In Großbritannien sind nach dem verheerenden Brand des Grenfell Towers, bei dem laut heutigem Stand 80 Menschen ums Leben gekommen sind, bereits 160 Hochhäuser mit gefährlichen Fassadenverkleidungen entdeckt worden. Kommentatoren haben zuletzt darauf hingewiesen, dass das tragische Ereignis einem System geschuldet ist, bei dem Deregulierung und fahrlässige Kostenersparnis zu mangelndem Brandschutz geführt haben.

Und in Ungarn stehen derzeit jene Schlepper vor Gericht, in deren Lkw im August 2015 alle 71 transportierten Flüchtlinge erstickt sind. Bei den Einvernahmen hat ein Angeklagter das Flüchtlingsdrama folgendermaßen auf den Punkt gebracht: "Wir sitzen alle hier, weil er (Anm.: der Bandenboss) gierig geworden ist."

Menschliches, allzu Menschliches

Drei Episoden, die so gut wie nichts miteinander verbindet. Nichts, außer eine bestimmte Form der geistigen Energie: Gier. Im ersten Fall eine Gier auf Kosten des Gemeinwesens, im zweiten Fall Gier auf Kosten der allgemeinen Sicherheit, im dritten Fall Gier auf Kosten von Menschen, deren Todesurteil es war, sich einer skrupellosen Schlepperbande anzuvertrauen.
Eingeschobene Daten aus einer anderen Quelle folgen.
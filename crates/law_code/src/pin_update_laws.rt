//! Guesses at a PIN in a transaction.
ghost use Rattle.law_code.specs.PinUpdateLaws.{TakeATry};

/// A wrong guess at a PIN takes a try for good, also in a transaction, as long as that has not changed the PIN
/// itself: neither an abort nor a loss of power gives it back.
pub fn wrong_guesses_take_a_try_for_good()
    ensures { TakeATry }
{}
Fall zwei und drei zeigen sonnenklar: Gier kann tödlich sein, Gier geht sogar über Leichen. Dennoch wird diese verhängnisvolle geistige Dynamik nur selten beim Namen genannt. Warum herrscht bei diesem Thema fast betretenes Schweigen?

Zwei Gründe sind hier wohl ausschlaggebend: Einerseits ist die Gier - mit Nietzsche - eine menschliche, allzu menschliche Eigenschaft. Kein Mensch ist frei von ihr, und zumindest in ihren subtileren Schattierungen ist sie seit jeher Teil unseres Alltags - auch wenn es sich dabei nur um den Griff in die Keksdose oder Naschlade handelt, bei dem außer dem erträumten Idealgewicht niemand zu Schaden kommt. Andererseits ist die Gier nur schwer von jenen Antrieben zu trennen, die der Motor unseres ganzen Wirtschaftssystems sind: der Wunsch, etwas zu schaffen und zu erreichen, Ehrgeiz und Motivation, Ambition und Aspiration. Doch die Grenze verläuft in etwa dort, wo zwischen Maß und Unmäßigkeit zu differenzieren ist. Während gesunde Ambitionen stets auch auf höhere Ziele ausgerichtet sind, erwächst die Gier aus rein egoistischen Motiven.

Wegschauen ist gefährlich

Wer heute für abendländische und christliche Werte eintritt, sollte zuvorderst die Gier ins Visier nehmen. Schon in der Antike warnte Platon vor der unersättlichen Begierde und verglich den Menschen mit einem Fass ohne Boden, das sich nie wirklich füllen lässt. In der christlichen Tradition gilt die Gier als eine von sieben "Todsünden". Wenn eine dieser Sünden tatsächlich imstande ist, die Menschheit an den Rand des Abgrunds zu treiben, dann ist das vor allem die Gier. Wegschauen wäre gefährlich. Die Gier muss zum Thema werden, in Politik und Medien, Wirtschaft und Gesellschaft, schon in der Schule.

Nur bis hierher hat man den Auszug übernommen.